# What to produce
Below is a block of records. Copy every line in it that contains the word "modes".

# Material shown
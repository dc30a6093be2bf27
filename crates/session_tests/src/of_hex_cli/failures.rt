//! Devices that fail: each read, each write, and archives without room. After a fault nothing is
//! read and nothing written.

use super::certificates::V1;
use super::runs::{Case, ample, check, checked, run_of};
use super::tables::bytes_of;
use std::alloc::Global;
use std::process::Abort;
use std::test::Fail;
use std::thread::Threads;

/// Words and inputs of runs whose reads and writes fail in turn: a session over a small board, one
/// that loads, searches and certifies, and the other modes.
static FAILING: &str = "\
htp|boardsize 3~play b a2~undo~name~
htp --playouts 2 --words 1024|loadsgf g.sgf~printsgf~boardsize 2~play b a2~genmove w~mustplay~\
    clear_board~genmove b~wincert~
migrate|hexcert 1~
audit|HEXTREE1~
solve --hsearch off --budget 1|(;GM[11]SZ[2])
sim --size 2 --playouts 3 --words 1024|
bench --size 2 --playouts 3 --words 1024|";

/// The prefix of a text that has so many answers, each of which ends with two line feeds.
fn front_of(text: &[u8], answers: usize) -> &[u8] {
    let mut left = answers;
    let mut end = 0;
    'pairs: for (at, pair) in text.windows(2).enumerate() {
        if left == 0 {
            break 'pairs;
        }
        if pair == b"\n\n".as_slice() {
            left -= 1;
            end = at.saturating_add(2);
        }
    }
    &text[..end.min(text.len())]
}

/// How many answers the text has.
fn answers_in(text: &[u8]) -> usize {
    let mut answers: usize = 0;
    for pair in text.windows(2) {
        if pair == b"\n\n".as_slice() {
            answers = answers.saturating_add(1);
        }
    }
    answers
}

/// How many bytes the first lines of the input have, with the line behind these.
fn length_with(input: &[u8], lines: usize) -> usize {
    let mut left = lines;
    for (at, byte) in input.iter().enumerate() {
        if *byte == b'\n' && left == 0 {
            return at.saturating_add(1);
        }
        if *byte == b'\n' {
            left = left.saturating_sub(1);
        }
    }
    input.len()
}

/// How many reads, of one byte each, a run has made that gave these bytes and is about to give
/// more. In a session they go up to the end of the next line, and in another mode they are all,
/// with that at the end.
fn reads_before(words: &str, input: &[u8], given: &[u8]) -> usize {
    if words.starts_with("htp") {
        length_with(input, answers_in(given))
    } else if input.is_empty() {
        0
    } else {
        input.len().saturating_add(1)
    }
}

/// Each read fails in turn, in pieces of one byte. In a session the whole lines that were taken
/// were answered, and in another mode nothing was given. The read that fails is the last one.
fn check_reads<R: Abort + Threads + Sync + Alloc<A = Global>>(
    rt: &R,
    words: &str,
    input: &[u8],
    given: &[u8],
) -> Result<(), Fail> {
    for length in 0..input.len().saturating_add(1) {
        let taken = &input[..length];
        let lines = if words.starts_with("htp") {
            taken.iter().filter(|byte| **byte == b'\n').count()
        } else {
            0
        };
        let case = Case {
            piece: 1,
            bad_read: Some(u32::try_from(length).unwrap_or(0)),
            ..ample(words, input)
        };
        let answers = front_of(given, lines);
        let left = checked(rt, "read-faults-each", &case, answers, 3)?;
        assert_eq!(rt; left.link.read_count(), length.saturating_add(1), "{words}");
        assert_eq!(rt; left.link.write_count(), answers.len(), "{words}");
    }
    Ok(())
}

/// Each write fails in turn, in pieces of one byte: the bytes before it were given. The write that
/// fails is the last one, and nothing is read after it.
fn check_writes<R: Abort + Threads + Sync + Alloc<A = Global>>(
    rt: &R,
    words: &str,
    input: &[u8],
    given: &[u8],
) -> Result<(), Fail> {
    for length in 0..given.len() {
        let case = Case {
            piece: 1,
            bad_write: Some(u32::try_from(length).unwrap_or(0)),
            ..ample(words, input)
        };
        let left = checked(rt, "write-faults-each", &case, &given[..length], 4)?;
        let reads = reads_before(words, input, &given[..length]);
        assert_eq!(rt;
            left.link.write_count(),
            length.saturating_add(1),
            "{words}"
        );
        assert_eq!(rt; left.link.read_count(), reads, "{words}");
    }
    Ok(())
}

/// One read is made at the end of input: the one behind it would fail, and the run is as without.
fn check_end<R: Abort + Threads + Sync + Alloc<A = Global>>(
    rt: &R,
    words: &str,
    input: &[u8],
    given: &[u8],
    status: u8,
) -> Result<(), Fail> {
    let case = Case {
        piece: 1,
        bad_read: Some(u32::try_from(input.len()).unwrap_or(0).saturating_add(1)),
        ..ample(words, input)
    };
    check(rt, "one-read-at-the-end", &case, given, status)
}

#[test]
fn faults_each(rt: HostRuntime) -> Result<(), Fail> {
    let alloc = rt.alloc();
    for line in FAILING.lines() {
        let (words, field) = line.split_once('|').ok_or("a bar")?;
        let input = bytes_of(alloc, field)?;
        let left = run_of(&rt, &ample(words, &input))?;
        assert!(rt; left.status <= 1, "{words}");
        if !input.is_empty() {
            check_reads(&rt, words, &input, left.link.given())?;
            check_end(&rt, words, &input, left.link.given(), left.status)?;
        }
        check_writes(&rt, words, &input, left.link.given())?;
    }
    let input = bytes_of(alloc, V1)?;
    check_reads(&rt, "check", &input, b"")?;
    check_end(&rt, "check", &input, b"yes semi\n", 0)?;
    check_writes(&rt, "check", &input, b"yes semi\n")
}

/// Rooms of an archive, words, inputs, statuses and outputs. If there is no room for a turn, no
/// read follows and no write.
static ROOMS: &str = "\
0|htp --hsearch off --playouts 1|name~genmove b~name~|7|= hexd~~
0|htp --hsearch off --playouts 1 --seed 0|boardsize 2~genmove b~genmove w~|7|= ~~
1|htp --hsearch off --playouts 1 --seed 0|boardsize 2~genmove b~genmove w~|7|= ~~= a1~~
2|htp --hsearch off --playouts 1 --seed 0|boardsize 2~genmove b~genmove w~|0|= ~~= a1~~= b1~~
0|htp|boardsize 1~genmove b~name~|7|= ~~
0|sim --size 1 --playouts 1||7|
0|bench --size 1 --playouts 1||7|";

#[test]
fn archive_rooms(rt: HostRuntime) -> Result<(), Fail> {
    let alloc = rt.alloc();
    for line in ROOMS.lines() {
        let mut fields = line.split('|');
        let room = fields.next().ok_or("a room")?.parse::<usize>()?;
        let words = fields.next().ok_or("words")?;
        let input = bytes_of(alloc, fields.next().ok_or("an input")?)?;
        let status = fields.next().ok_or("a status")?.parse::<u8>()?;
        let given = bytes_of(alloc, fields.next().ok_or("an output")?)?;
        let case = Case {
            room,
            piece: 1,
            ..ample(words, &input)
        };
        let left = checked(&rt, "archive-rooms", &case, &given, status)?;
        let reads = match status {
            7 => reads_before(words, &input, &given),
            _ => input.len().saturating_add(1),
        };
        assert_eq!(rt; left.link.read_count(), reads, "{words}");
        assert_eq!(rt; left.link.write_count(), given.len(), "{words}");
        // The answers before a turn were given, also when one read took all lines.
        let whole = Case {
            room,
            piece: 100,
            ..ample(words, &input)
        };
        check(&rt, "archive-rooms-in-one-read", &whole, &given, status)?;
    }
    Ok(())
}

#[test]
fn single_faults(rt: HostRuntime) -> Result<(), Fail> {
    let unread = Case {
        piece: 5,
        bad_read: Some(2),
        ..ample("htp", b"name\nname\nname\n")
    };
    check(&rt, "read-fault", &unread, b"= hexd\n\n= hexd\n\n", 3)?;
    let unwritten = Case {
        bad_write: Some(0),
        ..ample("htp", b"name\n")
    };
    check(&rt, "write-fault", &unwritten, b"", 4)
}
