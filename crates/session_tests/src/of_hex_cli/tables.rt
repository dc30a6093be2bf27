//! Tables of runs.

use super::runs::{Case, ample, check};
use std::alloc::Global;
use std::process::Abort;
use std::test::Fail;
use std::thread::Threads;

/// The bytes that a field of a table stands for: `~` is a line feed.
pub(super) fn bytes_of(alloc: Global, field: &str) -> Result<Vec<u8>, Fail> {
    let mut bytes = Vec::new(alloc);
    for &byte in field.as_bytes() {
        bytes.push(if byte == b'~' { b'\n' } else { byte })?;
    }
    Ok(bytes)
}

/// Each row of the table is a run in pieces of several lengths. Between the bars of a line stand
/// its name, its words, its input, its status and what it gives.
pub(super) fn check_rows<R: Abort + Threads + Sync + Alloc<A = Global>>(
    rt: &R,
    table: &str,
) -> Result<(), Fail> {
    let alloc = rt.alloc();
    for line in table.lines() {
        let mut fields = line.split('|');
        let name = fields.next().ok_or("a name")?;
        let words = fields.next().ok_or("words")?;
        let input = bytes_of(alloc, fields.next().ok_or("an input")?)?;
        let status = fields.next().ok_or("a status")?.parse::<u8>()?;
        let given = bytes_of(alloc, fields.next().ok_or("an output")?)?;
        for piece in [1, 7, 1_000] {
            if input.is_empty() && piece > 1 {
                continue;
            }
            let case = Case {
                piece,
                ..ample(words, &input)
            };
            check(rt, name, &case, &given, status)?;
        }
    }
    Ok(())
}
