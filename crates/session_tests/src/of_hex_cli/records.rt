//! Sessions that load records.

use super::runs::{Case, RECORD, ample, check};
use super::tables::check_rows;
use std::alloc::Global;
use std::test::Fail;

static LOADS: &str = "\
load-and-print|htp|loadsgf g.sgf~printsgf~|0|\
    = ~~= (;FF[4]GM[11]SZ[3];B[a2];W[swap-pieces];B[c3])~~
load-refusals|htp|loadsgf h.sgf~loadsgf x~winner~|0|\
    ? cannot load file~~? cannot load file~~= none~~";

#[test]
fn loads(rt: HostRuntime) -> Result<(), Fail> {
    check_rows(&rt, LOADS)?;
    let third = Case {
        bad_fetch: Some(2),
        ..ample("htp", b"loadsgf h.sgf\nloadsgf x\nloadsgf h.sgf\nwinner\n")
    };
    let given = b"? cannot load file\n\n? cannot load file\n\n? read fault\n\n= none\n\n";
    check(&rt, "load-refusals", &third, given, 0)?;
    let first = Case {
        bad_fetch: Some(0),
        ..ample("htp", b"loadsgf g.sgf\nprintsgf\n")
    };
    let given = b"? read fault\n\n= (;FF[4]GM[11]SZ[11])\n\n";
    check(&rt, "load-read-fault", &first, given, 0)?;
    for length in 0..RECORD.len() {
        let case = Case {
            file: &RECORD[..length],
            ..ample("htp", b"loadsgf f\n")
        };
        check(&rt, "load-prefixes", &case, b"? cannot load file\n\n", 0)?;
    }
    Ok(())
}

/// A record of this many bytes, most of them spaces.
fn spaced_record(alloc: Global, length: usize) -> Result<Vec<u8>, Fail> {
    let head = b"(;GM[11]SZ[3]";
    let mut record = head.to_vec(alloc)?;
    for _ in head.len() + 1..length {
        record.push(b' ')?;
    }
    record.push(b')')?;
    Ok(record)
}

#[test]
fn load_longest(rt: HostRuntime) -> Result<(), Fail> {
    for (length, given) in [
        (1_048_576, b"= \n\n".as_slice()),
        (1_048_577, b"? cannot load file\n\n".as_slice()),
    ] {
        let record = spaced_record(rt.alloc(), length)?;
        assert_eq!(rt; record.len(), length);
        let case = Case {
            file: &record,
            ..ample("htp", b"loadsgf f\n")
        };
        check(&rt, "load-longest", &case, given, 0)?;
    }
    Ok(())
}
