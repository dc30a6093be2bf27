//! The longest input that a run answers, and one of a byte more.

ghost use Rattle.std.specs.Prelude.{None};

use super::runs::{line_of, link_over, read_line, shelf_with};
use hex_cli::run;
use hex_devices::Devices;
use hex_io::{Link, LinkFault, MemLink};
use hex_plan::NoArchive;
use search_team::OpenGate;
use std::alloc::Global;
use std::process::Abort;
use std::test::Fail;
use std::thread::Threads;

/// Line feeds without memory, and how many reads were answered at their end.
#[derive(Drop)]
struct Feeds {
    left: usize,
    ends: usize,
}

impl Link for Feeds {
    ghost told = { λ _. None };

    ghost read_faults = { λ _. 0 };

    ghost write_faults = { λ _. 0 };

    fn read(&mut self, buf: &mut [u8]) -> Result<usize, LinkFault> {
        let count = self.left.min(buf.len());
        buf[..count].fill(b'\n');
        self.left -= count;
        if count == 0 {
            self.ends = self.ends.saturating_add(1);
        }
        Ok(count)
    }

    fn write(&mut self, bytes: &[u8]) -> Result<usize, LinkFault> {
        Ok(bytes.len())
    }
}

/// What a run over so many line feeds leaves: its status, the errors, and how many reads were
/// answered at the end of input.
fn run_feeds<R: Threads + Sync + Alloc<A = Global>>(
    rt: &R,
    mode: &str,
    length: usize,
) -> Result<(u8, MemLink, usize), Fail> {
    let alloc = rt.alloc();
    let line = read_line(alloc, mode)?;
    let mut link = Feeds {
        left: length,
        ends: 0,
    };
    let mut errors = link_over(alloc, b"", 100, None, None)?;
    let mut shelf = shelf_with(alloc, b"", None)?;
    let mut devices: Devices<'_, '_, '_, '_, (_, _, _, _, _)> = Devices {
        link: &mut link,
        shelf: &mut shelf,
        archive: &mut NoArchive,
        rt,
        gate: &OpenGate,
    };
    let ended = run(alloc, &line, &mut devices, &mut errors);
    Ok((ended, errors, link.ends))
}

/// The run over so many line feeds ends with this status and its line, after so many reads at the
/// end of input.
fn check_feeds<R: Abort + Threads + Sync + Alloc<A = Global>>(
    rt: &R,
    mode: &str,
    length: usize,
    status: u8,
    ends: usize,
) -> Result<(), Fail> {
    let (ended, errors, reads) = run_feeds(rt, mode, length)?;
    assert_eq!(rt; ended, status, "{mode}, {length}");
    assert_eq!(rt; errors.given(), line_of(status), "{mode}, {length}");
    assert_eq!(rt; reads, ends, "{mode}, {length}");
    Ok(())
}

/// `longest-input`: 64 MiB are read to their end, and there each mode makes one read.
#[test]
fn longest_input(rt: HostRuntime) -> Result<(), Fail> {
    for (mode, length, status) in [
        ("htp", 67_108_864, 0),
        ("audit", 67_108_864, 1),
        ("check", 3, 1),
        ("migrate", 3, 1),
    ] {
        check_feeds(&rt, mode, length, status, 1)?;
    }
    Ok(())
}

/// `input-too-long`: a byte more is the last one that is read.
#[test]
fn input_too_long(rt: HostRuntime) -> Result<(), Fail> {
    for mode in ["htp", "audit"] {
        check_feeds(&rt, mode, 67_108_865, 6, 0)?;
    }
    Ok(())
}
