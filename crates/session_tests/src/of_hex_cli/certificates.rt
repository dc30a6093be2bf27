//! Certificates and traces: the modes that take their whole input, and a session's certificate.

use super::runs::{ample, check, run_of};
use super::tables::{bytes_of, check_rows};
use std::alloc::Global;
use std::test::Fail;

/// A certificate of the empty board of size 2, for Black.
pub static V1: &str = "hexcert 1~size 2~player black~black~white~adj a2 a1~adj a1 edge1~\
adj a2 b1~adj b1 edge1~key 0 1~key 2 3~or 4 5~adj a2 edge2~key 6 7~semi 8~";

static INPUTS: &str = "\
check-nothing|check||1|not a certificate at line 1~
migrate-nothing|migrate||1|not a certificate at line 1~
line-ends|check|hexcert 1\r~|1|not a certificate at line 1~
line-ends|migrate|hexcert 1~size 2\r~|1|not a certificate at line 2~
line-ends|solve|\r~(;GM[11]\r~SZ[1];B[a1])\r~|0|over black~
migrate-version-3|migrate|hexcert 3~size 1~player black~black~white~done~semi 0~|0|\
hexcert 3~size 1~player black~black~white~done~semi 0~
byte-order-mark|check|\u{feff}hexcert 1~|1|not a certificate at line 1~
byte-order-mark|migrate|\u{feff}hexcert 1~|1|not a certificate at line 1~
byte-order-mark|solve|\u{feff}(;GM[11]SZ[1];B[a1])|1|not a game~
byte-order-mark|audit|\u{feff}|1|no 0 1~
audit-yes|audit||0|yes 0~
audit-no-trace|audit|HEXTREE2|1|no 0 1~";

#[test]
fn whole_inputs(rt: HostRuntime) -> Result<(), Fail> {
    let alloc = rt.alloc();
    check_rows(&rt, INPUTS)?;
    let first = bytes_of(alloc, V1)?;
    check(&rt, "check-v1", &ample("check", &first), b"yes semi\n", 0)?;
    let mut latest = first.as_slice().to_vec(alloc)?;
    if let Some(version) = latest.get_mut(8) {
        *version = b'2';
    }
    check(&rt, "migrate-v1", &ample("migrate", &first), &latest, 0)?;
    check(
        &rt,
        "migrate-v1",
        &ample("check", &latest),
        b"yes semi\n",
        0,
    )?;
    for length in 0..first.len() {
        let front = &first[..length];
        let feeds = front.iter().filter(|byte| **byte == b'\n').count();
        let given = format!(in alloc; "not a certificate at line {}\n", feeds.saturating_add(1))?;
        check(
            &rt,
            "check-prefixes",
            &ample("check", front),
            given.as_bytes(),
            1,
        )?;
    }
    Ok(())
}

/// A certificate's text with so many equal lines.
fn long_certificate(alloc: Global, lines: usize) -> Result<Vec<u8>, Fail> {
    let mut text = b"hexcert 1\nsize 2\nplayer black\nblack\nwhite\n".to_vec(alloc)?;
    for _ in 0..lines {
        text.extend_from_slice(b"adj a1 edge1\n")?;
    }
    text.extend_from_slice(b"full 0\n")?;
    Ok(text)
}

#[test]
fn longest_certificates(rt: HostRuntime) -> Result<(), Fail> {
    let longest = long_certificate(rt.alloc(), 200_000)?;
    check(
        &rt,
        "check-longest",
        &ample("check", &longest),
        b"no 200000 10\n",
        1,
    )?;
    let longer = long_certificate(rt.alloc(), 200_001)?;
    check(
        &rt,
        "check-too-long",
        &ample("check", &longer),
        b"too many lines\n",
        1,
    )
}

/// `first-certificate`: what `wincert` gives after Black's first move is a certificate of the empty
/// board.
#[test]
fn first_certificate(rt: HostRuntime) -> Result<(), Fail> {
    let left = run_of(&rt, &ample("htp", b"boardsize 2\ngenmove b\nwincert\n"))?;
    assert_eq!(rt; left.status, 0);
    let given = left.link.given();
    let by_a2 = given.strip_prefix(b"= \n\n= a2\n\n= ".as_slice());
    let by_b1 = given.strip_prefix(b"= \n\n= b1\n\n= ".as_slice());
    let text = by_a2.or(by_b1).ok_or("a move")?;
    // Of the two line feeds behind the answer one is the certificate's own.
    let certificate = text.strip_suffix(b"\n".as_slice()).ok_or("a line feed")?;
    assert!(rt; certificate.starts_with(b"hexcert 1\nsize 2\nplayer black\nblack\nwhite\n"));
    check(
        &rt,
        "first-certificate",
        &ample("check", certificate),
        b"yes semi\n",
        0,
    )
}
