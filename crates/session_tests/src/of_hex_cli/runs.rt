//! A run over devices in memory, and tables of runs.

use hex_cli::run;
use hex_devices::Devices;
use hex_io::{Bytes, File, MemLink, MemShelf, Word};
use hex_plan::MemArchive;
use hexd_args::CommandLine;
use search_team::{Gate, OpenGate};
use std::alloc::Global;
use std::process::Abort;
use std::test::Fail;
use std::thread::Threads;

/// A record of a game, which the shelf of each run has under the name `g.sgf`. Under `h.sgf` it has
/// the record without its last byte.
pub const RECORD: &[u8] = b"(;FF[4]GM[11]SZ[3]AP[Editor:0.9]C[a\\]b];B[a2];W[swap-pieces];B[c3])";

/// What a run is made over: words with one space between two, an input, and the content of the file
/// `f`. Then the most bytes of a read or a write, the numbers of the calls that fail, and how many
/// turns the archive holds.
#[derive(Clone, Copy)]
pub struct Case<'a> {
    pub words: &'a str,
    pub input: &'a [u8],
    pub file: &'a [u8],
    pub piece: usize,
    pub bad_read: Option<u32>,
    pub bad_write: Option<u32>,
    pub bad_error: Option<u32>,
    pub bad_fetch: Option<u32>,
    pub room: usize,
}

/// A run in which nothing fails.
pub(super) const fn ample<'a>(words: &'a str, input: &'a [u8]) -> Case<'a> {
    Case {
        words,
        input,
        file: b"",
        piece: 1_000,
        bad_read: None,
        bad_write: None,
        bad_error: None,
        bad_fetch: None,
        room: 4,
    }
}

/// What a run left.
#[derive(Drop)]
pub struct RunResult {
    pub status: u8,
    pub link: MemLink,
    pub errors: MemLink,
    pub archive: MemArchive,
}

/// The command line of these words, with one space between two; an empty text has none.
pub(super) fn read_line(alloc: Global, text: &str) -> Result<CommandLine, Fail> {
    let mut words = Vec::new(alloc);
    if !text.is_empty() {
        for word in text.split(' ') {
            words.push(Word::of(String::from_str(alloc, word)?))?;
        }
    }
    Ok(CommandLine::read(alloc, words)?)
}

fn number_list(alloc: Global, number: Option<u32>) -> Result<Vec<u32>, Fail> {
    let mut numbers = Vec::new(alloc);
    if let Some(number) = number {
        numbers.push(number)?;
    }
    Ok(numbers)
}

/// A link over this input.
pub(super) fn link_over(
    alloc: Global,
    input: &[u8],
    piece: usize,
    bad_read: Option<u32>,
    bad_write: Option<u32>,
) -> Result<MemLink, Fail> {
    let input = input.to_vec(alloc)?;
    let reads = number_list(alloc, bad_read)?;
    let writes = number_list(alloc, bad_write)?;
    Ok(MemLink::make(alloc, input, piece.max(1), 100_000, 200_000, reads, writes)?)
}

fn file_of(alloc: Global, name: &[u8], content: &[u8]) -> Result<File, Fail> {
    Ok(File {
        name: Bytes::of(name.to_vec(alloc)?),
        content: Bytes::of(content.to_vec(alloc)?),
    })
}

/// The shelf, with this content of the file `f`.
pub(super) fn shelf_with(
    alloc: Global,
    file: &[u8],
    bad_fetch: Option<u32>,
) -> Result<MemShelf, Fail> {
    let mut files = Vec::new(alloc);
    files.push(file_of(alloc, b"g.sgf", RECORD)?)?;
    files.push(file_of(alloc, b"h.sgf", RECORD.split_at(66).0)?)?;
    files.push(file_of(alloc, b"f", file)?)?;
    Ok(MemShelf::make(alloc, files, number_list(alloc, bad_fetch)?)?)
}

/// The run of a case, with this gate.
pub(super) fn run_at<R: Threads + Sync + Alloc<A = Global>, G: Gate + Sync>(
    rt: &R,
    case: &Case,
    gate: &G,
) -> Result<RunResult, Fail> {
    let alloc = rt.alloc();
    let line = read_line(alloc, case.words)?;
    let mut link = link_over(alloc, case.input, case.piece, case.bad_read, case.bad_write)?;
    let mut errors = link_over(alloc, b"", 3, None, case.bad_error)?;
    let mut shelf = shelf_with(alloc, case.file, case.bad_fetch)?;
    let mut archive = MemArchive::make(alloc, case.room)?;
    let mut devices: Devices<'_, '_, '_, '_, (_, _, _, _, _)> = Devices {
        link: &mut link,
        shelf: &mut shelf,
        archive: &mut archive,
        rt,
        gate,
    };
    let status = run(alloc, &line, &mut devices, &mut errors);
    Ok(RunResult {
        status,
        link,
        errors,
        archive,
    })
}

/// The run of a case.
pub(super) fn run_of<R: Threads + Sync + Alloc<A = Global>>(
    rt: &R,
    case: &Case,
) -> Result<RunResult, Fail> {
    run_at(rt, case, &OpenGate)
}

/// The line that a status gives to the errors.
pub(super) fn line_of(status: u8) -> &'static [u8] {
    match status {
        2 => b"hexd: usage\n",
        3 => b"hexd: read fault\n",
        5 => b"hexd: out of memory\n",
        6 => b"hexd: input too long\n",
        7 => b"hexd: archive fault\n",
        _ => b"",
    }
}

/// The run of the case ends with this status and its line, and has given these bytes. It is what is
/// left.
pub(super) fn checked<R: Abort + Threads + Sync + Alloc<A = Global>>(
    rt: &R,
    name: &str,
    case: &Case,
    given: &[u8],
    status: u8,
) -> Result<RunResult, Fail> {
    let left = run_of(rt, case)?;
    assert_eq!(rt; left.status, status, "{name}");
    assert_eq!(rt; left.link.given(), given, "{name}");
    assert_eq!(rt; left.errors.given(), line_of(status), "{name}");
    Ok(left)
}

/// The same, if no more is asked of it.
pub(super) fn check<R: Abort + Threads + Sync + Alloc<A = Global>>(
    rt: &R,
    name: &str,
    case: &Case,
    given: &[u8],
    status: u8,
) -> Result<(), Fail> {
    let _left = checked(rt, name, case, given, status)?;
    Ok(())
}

# Exercise response
/// that loads, searches and certifies, and the other modes.
//! Certificates and traces: the modes that take their whole input, and a session's certificate.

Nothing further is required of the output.